The growing field of humanitarian forensic architecture and the proportionality assessment of ruins evince a larger transformation by which “the expression of care for victims was replaced by attempts to uncover the mechanisms of violations.” Marc Garlasco has become the preeminent practitioner in this field and the best example of the kinds of collusions between humanitarians and militaries that define the humanitarian present. Garlasco served for seven years as a US military expert in targeting and “battle damage assessment.” He acquired the skills to predict the likely number of civilian casualties in specific bombings, and how to calibrate the amount of force and the directionality of strikes to achieve “pinpoint” effects. In 2003, he joined Human Rights Watch, where his expertise was used to “interrogate” ruins. This information was the substance of assessments and allegations of violations of proportionality. After Israel’s Operation Cast Lead in Gaza in the winter of 2008-9, the United Nations sent an investigating commission headed by Richard Goldstone. Garlasco’s reading of the ruins for Human Rights Watch formed a significant empirical element of the Goldstone Report.

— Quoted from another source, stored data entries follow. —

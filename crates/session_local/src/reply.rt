//! What a call answers.

use jet_base::Jet;

/// The value of a reply.
#[derive(Clone, Copy, Debug, PartialEq, Eq)]
pub enum Value {
    /// There is none.
    Nothing,
    /// A number of the data.
    Number(i64),
    /// A count of entries or rows.
    Count(u64),
    /// So many bytes, which lie at the front of the session's reply buffer, and the length of the whole value in bytes.
    Bytes(usize, u64),
}

/// The reply of a call. A refusal has no value.
#[derive(Clone, Copy, Debug, PartialEq, Eq)]
pub struct Reply {
    pub jet: Jet,
    pub value: Value,
}
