//! Open cursors.

ghost use Rattle.std.specs.Prelude.{◌≡◌, Option, Some, None, MatchOption, option_map};
ghost use Rattle.database_state.specs.Table.{primary_order};
ghost use Rattle.session_local.specs.Preparing.{update_of, HasColumns};
ghost use Rattle.session_local.specs.Finishing.{opened_cursor};

use crate::prepared::Prepared;
use cursor_nav::Cursor;
use index_derive::Schema;
use jet_base::{CursorId, IndexId, TableId};
use std::marker::Model;

/// A cursor that a session opened: its label, the schema of its table, where it stands, and the update that is
/// prepared on it.
#[derive(Debug, Drop)]
pub struct OpenCursor {
    label: CursorId,
    pub(crate) schema: Schema,
    pub(crate) cursor: Cursor,
    pub(crate) prepared: Option<Prepared>,
}

impl Model for OpenCursor {
    ghost use Rattle.session_local.specs.Local.{OpenCursor};

    ghost Value = { OpenCursor };

    ghost use Rattle.session_local.specs.CursorSeen.{open_cursor, HasItsColumns};

    ghost view = { open_cursor };

    ghost invariant = { HasItsColumns };
}

impl OpenCursor {
    /// A cursor before the first entry of the primary order of a table with this schema.
    pub(crate) fn new(label: CursorId, table: TableId, schema: Schema) -> OpenCursor
        ensures { result ≡ opened_cursor label.0 (table.0, schema) }
    {
        let cursor = Cursor::new(table, primary_order(&schema));
        OpenCursor {
            label,
            schema,
            cursor,
            prepared: None,
        }
    }

    /// The cursor's label in its session.
    pub fn label(&self) -> CursorId
        ensures { result.0 ≡ self.now.label }
    {
        self.label
    }

    /// The columns and indexes of its table.
    pub fn schema(&self) -> &Schema
        ensures { result.now ≡ self.now.schema }
    {
        &self.schema
    }

    /// Where it stands.
    pub fn cursor(&self) -> &Cursor
        ensures { result.now ≡ self.now.cursor }
    {
        &self.cursor
    }

    /// The update that is prepared on it.
    pub fn prepared(&self) -> Option<&Prepared>
        ensures { MatchOption result (self.now.prepared ≡ None) (λ prepared. (self.now.prepared ≡ Some (update_of prepared.now)) × (prepared.now.buffer.columns ≡ self.now.schema.columns)) }
    {
        self.prepared.as_ref()
    }

    /// Puts this prepared update in the place of the one that there was.
    pub(crate) fn prepare(&mut self, prepared: Option<Prepared>)
        requires { HasColumns self.old.schema.columns prepared }
        ensures { self.new ≡ record self.old { prepared = option_map update_of prepared } }
    {
        self.prepared = prepared;
    }
}

// The number of the primary index, or 0 where there is none.
pub(crate) fn primary_order(schema: &Schema) -> IndexId
    ensures { result.0 ≡ primary_order schema.now }
{
    match schema.primary_rule() {
        Some(rule) => rule.id,
        None => IndexId(0),
    }
}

Weizman sums up the trajectory of the humanitarian present that culminates in forensic architecture: Developments in precision bombing ushered in aerial targeted assassinations, along with capacities to predict civilian casualties. Together, these allowed for proportionality analysis prior to bombings and ex post facto assessments by humanitarians who could study and interpret the details of attacks. The result is that “today’s forensic investigators of violence move alongside its perpetrators.”   

The Least of All Possible Evils concludes with a discussion of the “book of destruction.” This is an archive, compiled by the Hamas-run Ministry of Public Works and Housing, of thousands of destroyed and damaged buildings in Gaza. Weizman includes dozens of images from this book. These structures shattered by state violence are suggestive of the suffering of human beings who once lived or worked in them. The emphasis on ruins, which stand in for people and can be studied dispassionately and forensically, conveys the trajectory of the humanitarian present that Weizman so brilliantly explains.